[Collected data]
****

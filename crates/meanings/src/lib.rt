// What a name in an expression means, by the dictionary of a file and by what its owner inherits.
#![tactic(auto)]

ghost use Rattle.meanings.specs.Use.{ValueMeans, ByNode, InheritedOrValue, InDeclaration};

use columns::{get_or, index};
use scopes::look_ups::{Meaning, declaration_meant, own_meant};

// An attribute, a label or an item by its node, or a declaration by its number among these.
#[derive(Clone, Copy, Debug, PartialEq, Eq)]
pub enum Use {
    Nothing,
    Several,
    Node(usize),
    Declaration(usize),
}

// An entry by its node.
fn by_node(nodes: &[u32], meaning: Meaning) -> Use
    ensures { ByNode nodes.now meaning result }
{
    match meaning {
        Meaning::Nothing => Use::Nothing,
        Meaning::One(e) => Use::Node(index(get_or(nodes, e, 0))),
        Meaning::Several => Use::Several,
    }
}

// In a schema: one of its declarations, else what the symbol means among its items.
pub fn value_meant(
    keys: &[u64],
    heads: &[u32],
    next: &[u32],
    item: Use,
    schema: usize,
    symbol: u32,
) -> Use
    ensures { ValueMeans keys.now heads.now next.now item schema symbol result }
{
    let declared = declaration_meant(keys, heads, next, schema, symbol);
    match declared {
        Meaning::Nothing => item,
        Meaning::One(v) => Use::Declaration(v),
        Meaning::Several => Use::Several,
    }
}

// What is not declared in the owner: what it inherits, else what it means in the schema.
fn inherited_or_value(
    keys: &[u64],
    heads: &[u32],
    next: &[u32],
    inherited: Use,
    item: Use,
    schema: usize,
    symbol: u32,
) -> Use
    ensures { InheritedOrValue keys.now heads.now next.now inherited item schema symbol result }
{
    match inherited {
        Use::Nothing => value_meant(keys, heads, next, item, schema, symbol),
        Use::Several | Use::Node(_) | Use::Declaration(_) => inherited,
    }
}

// In a declaration of a schema: the nearest of an own attribute or label, an inherited attribute, a declaration of the schema, an
// item. What the symbol inherits and what it means among the items of the schema is given.
pub fn use_meant(
    keys: &[u64],
    nodes: &[u32],
    heads: &[u32],
    next: &[u32],
    inherited: Use,
    item: Use,
    owner: usize,
    schema: usize,
    symbol: u32,
) -> Use
    ensures { InDeclaration keys.now nodes.now heads.now next.now inherited item owner schema symbol result }
{
    let own = own_meant(keys, heads, next, owner, symbol);
    match own {
        Meaning::Nothing => inherited_or_value(keys, heads, next, inherited, item, schema, symbol),
        Meaning::One(_) => by_node(nodes, own),
        Meaning::Several => by_node(nodes, own),
    }
}
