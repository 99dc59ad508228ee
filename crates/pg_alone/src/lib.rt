//! One object of a galley that by itself forbids every pagination.
//!
//! Proved: where a float is higher than the columns of every run, or no area may have floats of its class, nothing is
//! legal; and `first_alone` finds such a float exactly where there is one (`specs/Alone`). So it is where a note is above
//! the limit of its class, and `high_note` finds the first (`specs/Notes`).
#![tactic(auto)]

mod alone;
mod laws;
mod notes;

pub use alone::{Alone, first_alone};
pub use laws::{alone_forbids, high_notes_forbid};
pub use notes::{HighNote, high_note};
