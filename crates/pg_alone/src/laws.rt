//! Each law is the contract of a function that does nothing. Its premise is what the types of a galley and of a style
//! keep.
ghost use Rattle.pg_alone.specs.Alone.{AloneForbids, HighFloatsForbid, PlacelessForbid};
ghost use Rattle.pg_alone.specs.Notes.{HighNoteForbids, HighNotesForbid};
ghost use Rattle.pg_rules.specs.Ranges.{AreInRange};

use pg_list::Galley;
use pg_style::Style;

/// Where a float is higher than the columns of every run, or where no area may have floats of its class, nothing is
/// legal.
pub fn alone_forbids(galley: &Galley, style: &Style)
    requires { AreInRange galley.now style.now }
    ensures high { HighFloatsForbid galley.now style.now }
    ensures placeless { PlacelessForbid galley.now style.now }
    ensures found { AloneForbids galley.now style.now }
{}

/// Where a note is above the limit of its class, nothing is legal.
pub fn high_notes_forbid(galley: &Galley, style: &Style)
    requires { AreInRange galley.now style.now }
    ensures notes { HighNotesForbid galley.now style.now }
    ensures found { HighNoteForbids galley.now style.now }
{}
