//! Floats that no column can hold.
ghost use Rattle.std.specs.Prelude.{◌≡◌, ◌≤◌, ◌<◌, ◌^◌, ◌&&◌, ◌||◌, ◌==◌, ◌+ℤ◌, not, int_lt, length};
ghost use Rattle.std.specs.List.{list_all};
ghost use Rattle.pg_floats.specs.AreFloats.{AreFloats};
ghost use Rattle.pg_floats.specs.Spots.{takes_of};
ghost use Rattle.pg_style.specs.declared.style.Run.{Run as ARun};
ghost use Rattle.pg_alone.specs.Alone.{FindsAlone, FindsAt, FindsIn, has_no_place as has_no_place_of};
ghost use Rattle.pg_alone.specs.Alone.{is_above_all as is_above_all_of, takes_none as takes_none_of};

use pg_floats::{FloatList, Spot, slots_of};
use pg_list::Galley;
use pg_scaled::{plus, wide};
use pg_style::{Run, Style};

/// A float that no column can hold: the slot of its class, its number in the class, its size in scaled points, and why.
#[derive(Clone, Copy)]
pub struct Alone {
    pub slot: usize,
    pub number: u32,
    pub size: i32,
    /// It is higher than a column on a page of any run.
    pub is_high: bool,
    /// No area may have floats of its class.
    pub is_placeless: bool,
}

/// More floats than a list of them has.
const LIMIT: u32 = 4096;

// Whether a column on a page of a run is lower than a size.
fn is_below(height: i32, run: &Run, size: i32) -> bool
    ensures { result ≡ int_lt (height +ℤ run.now.extra) size }
{
    plus(wide(height), wide(run.extra)) < wide(size)
}

// Whether a column on a page of each run is.
fn are_below(height: i32, runs: &[Run], size: i32) -> bool
    ensures { result ≡ list_all (λ (run : ARun). int_lt (height +ℤ run.extra) size) runs.now }
{
    let mut rest = runs;
    'runs: while let [run, after @ ..] = rest {
        if !is_below(height, run, size) {
            return false;
        }
        rest = after;
    }
    true
}

// Whether a size is above the height of a column on a page of any run.
fn is_above_all(style: &Style, size: i32) -> bool
    ensures { result ≡ is_above_all_of style.now size }
{
    are_below(style.height, style.runs.as_slice(), size)
}

// Whether an area that may have so many floats has none of a class.
fn takes_none(style: &Style, spot: Spot, count: u8, slot: usize) -> bool
    ensures { result ≡ takes_none_of style.now (takes_of spot) count slot }
{
    count == 0 || !spot.takes_slot(style, slot)
}

// Whether no area has floats of a class.
fn has_no_place(style: &Style, slot: usize) -> bool
    ensures { result ≡ has_no_place_of style.now slot }
{
    let across = takes_none(style, Spot::Across, style.wide.count, slot);
    let column = takes_none(style, Spot::Column, style.float_column.count, slot);
    let top = takes_none(style, Spot::Top, style.top.count, slot);
    let bottom = takes_none(style, Spot::Bottom, style.bottom.count, slot);
    (across & column) & (top & bottom)
}

// The float of this number and slot, if no column can hold it.
fn alone_at(
    galley: &Galley,
    style: &Style,
    list: &FloatList,
    slot: usize,
    number: u32,
) -> Option<Alone>
    requires { AreFloats galley.now.blocks style.now list.now }
    ensures { FindsAt galley.now style.now slot number result }
{
    // the clause alone speaks of the galley
    let _ = galley;
    let Some(size) = list.size(slot, number) else {
        return None;
    };
    let is_high = is_above_all(style, size);
    let is_placeless = has_no_place(style, slot);
    if is_high | is_placeless {
        Some(Alone {
            slot,
            number,
            size,
            is_high,
            is_placeless,
        })
    } else {
        None
    }
}

// The first float of a slot that no column can hold.
fn alone_in(galley: &Galley, style: &Style, list: &FloatList, slot: usize) -> Option<Alone>
    requires { AreFloats galley.now.blocks style.now list.now }
    ensures { FindsIn galley.now style.now slot result }
{
    list.stays_few();
    for number in 0..LIMIT {
        match alone_at(galley, style, list, slot, number) {
            Some(alone) => return Some(alone),
            None => {}
        }
    }
    None
}

/// The first float, by class and number, that no column can hold: it is higher than a column on a page of any run, or no
/// area may have floats of its class. Where there is one nothing is legal (`alone_forbids`). None where there is none.
///
/// Condition: the list is of this galley and style, as `FloatList::of` makes it. No memory is taken.
pub fn first_alone(galley: &Galley, style: &Style, list: &FloatList) -> Option<Alone>
    requires { AreFloats galley.now.blocks style.now list.now }
    ensures { FindsAlone galley.now style.now result }
{
    let slots = slots_of(style);
    for slot in 0..slots {
        match alone_in(galley, style, list, slot) {
            Some(alone) => return Some(alone),
            None => {}
        }
    }
    None
}
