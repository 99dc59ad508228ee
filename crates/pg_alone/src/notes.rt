//! Notes above the limit of their class.
ghost use Rattle.std.specs.Prelude.{◌≡◌};
ghost use Rattle.std.specs.List.{AllByRecursion};
ghost use Rattle.pg_list.specs.Shapes.{IsBlock};
ghost use Rattle.pg_alone.specs.Notes.{first_high as first_high_of, high_blocks, high_in as high_in_of};
ghost use Rattle.pg_alone.specs.Notes.{high_note as high_note_of, high_of as high_of_item};

use pg_floats::first_items_of;
use pg_list::{Block, Galley, Item};
use pg_style::{Kind, Style};

/// A note above the limit of its class: the number of that, the note's size and the limit in scaled points.
#[derive(Clone, Copy)]
pub struct HighNote {
    pub class: u8,
    pub size: i32,
    pub limit: i32,
}

// An insert of this kind, number and size, where it is a note above the limit.
fn high_in(kind: &Kind, class: u8, size: i32) -> Option<HighNote>
    ensures { result ≡ high_in_of kind.now class size }
{
    match kind {
        Kind::Note { limit, .. } => {
            if *limit < size {
                Some(HighNote {
                    class,
                    size,
                    limit: *limit,
                })
            } else {
                None
            }
        }
        Kind::Float { .. } => None,
    }
}

// The item, where it is a note above the limit of its class.
fn high_of(style: &Style, item: &Item) -> Option<HighNote>
    ensures { result ≡ high_of_item style.now item.now }
{
    let Item::Insert { class, size, .. } = item else {
        return None;
    };
    match style.class_of(*class) {
        Some(it) => high_in(&it.kind, *class, *size),
        None => None,
    }
}

// The first of these items that is one.
fn first_high(style: &Style, items: &[Item]) -> Option<HighNote>
    ensures { result ≡ first_high_of style.now items.now }
{
    let mut rest = items;
    'items: while let [item, after @ ..] = rest {
        if let Some(note) = high_of(style, item) {
            return Some(note);
        }
        rest = after;
    }
    None
}

// The first of these blocks' items, with the first version of each choice.
fn high_among(style: &Style, blocks: &[Block]) -> Option<HighNote>
    requires { AllByRecursion IsBlock blocks.now }
    ensures { result ≡ high_blocks style.now blocks.now }
{
    let mut rest = blocks;
    'each: while let [block, after @ ..] = rest {
        if let Some(note) = first_high(style, first_items_of(block)) {
            return Some(note);
        }
        rest = after;
    }
    None
}

// The blocks of a galley keep their shape.
fn blocks_of(galley: &Galley) -> &[Block]
    ensures blocks { result.now ≡ galley.now.blocks }
    ensures shape { AllByRecursion IsBlock galley.now.blocks }
{
    galley.blocks().as_slice()
}

/// The first note that is above the limit of its class: where there is one, nothing is legal (`high_notes_forbid`). None
/// exactly where there is none. No memory is taken.
pub fn high_note(galley: &Galley, style: &Style) -> Option<HighNote>
    ensures { result ≡ high_note_of galley.now style.now }
{
    high_among(style, blocks_of(galley))
}
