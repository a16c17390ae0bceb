// The different strings that references refer to, each once, in order of first reference. Strings are compared by their first eight bytes as one number, then
// by their length, by their last eight bytes, and then eight bytes at a time: a sheet can have 4,366 references.
#![tactic(auto)]

ghost use Rattle.std.specs.Prelude.{◌≡◌, Bool, true, false, ℕ, ◌+◌, ◌-◌, ◌*◌, ◌≤◌, ◌<◌, map, length, take};
ghost use Rattle.value.specs.Meaning.{bytes_at};
ghost use Rattle.sheet.specs.Bytes.{byte};
ghost use Rattle.sheet_laws.specs.Fits.{All};
ghost use Rattle.compact.specs.Strings as Strings;
ghost use Rattle.compact.specs.Strings.{joined};
ghost use Rattle.gather.specs.Gather.{stretch, eight, mark_of, Begins, Inside, held, Holds, Finds, Places, Gathered};

// Byte i of the n from `at` on, and 0 behind them.
fn nth(s: &[u8], at: usize, n: usize, i: usize) -> u8
    requires { at + n ≤ length s.now }
    ensures { result ≡ byte (stretch s.now at n) i }
{
    if n <= i {
        return 0;
    }
    s[at + i]
}

// The first eight bytes of the n from `at` on as one number. One by one: a copy of so few bytes is a call of C's memcpy, which the archive wants of no one.
fn mark(s: &[u8], at: usize, n: usize) -> usize
    requires { at + n ≤ length s.now }
    ensures { result ≡ mark_of (stretch s.now at n) }
{
    usize::from_le_bytes([
        nth(s, at, n, 0),
        nth(s, at, n, 1),
        nth(s, at, n, 2),
        nth(s, at, n, 3),
        nth(s, at, n, 4),
        nth(s, at, n, 5),
        nth(s, at, n, 6),
        nth(s, at, n, 7),
    ])
}

// ---- comparing

// The eight bytes from i on as one number.
fn eight_at(s: &[u8], i: usize) -> usize
    requires { i + 8 ≤ length s.now }
    ensures { result ≡ eight s.now i }
{
    let low = layout::word_at(s, i);
    let high = layout::word_at(s, i + 4);
    low + 4294967296 * high
}

// The last eight of the n bytes from a on are those of the n from b on, if there are eight. Where they aren't, the rest needn't be looked at.
fn ends_alike(s: &[u8], a: usize, b: usize, n: usize) -> bool
    requires { (a + n ≤ length s.now) × (b + n ≤ length s.now) }
    ensures { result ≡ false → false ≡ Strings.same (stretch s.now a n) (stretch s.now b n) }
{
    n < 8 || eight_at(s, a + (n - 8)) == eight_at(s, b + (n - 8))
}

// How many bytes the n from a on and the n from b on begin alike with, found eight at a time. The next eight, if there are as many, differ.
fn alike(s: &[u8], a: usize, b: usize, n: usize) -> usize
    requires { (a + n ≤ length s.now) × (b + n ≤ length s.now) }
    ensures { Begins s.now a b n result }
{
    for i in 0..n / 8 {
        let x = eight_at(s, a + i * 8);
        let y = eight_at(s, b + i * 8);
        if x != y {
            return i * 8;
        }
    }
    n / 8 * 8
}

// The n bytes from a on are those from b on.
fn same(s: &[u8], a: usize, b: usize, n: usize) -> bool
    requires { (a + n ≤ length s.now) × (b + n ≤ length s.now) }
    ensures { result ≡ Strings.same (stretch s.now a n) (stretch s.now b n) }
{
    if !ends_alike(s, a, b, n) {
        return false;
    }
    let i = alike(s, a, b, n);
    n < i + 8 && s[a + i..a + n] == s[b + i..b + n]
}

// ---- what is kept

// A string that is kept: its first eight bytes, a reference to it, and where it starts in the new text. `find` walks over many of them, so they are short.
#[derive(Clone, Copy)]
pub struct Kept {
    pub mark: usize,
    pub reference: u32,
    pub place: u32,
}

// How many strings are kept, and how many bytes they have together.
#[derive(Clone, Copy)]
pub struct Total {
    pub count: usize,
    pub bytes: usize,
}

// The strings have over 8,192 bytes together.
#[derive(Clone, Copy)]
pub struct TooLong;

// The string that is kept is the n bytes from `at` on, whose mark is `mark`.
fn is_it(s: &[u8], k: Kept, at: usize, n: usize, mark: usize) -> bool
    requires inside { Inside s.now k.reference × (at + n ≤ length s.now) }
    requires its_value { (k.mark ≡ mark_of (bytes_at s.now k.reference)) × (mark ≡ mark_of (stretch s.now at n)) }
    ensures { result ≡ Strings.same (bytes_at s.now k.reference) (stretch s.now at n) }
{
    let r = k.reference as usize;
    k.mark == mark && r / 65536 == n && same(s, r % 65536, at, n)
}

// Which of the strings kept is the n bytes from `at` on.
fn find(s: &[u8], kept: &[Kept], at: usize, n: usize, mark: usize) -> Option<usize>
    requires holds { Holds s.now kept.now }
    requires n_in_bounds { (at + n ≤ length s.now) × (mark ≡ mark_of (stretch s.now at n)) }
    ensures { Finds (held s.now kept.now) (stretch s.now at n) result }
{
    for j in 0..kept.len() {
        if is_it(s, kept[j], at, n, mark) {
            return Some(j);
        }
    }
    None
}

// One reference more: what is kept then, and the new reference. Over 8,192 bytes it writes nothing.
fn place(s: &[u8], r: usize, kept: &mut [Kept], total: Total) -> Result<(Total, usize), TooLong>
    requires holds { Holds s.now (take total.count kept.old) }
    requires room { (total.count < length kept.old) × Inside s.now r }
    requires bytes_value { (total.bytes ≡ length (joined (held s.now (take total.count kept.old)))) × (total.bytes ≤ 8192) }
    ensures { Places s.now (take total.count kept.old) r kept.new result }
{
    let at = r % 65536;
    let n = r / 65536;
    if n == 0 {
        return Ok((total, 0));
    }
    let m = mark(s, at, n);
    if let Some(j) = find(s, &kept[..total.count], at, n, m) {
        return Ok((total, kept[j].place as usize + 65536 * n));
    }
    let bytes = total.bytes + n;
    if 8192 < bytes {
        return Err(TooLong);
    }
    kept[total.count] = Kept {
        mark: m,
        reference: r as u32,
        place: total.bytes as u32,
    };
    let count = total.count + 1;
    Ok((Total { count, bytes }, total.bytes + 65536 * n))
}

// The strings that references refer to: those that are kept, and the new reference of each. Where the kept ones have over 8,192 bytes it stops.
pub fn gather(
    s: &[u8],
    refs: &[usize],
    kept: &mut [Kept],
    fresh: &mut [usize],
) -> Result<Total, TooLong>
    requires all { All (Inside s.now) refs.now }
    requires room { (length refs.now ≤ length kept.old) × (length refs.now ≤ length fresh.old) }
    ensures { Gathered s.now refs.now kept.new fresh.new result }
{
    let mut total = Total { count: 0, bytes: 0 };
    for i in 0..refs.len() {
        let (next, reference) = place(s, refs[i], kept, total)?;
        total = next;
        fresh[i] = reference;
    }
    Ok(total)
}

****

> _What you have to do_:
Lines above that contain the string "plus" make up the answer.

> _Written answer_:
use pg_scaled::{plus, wide};
    plus(wide(height), wide(run.extra)) < wide(size)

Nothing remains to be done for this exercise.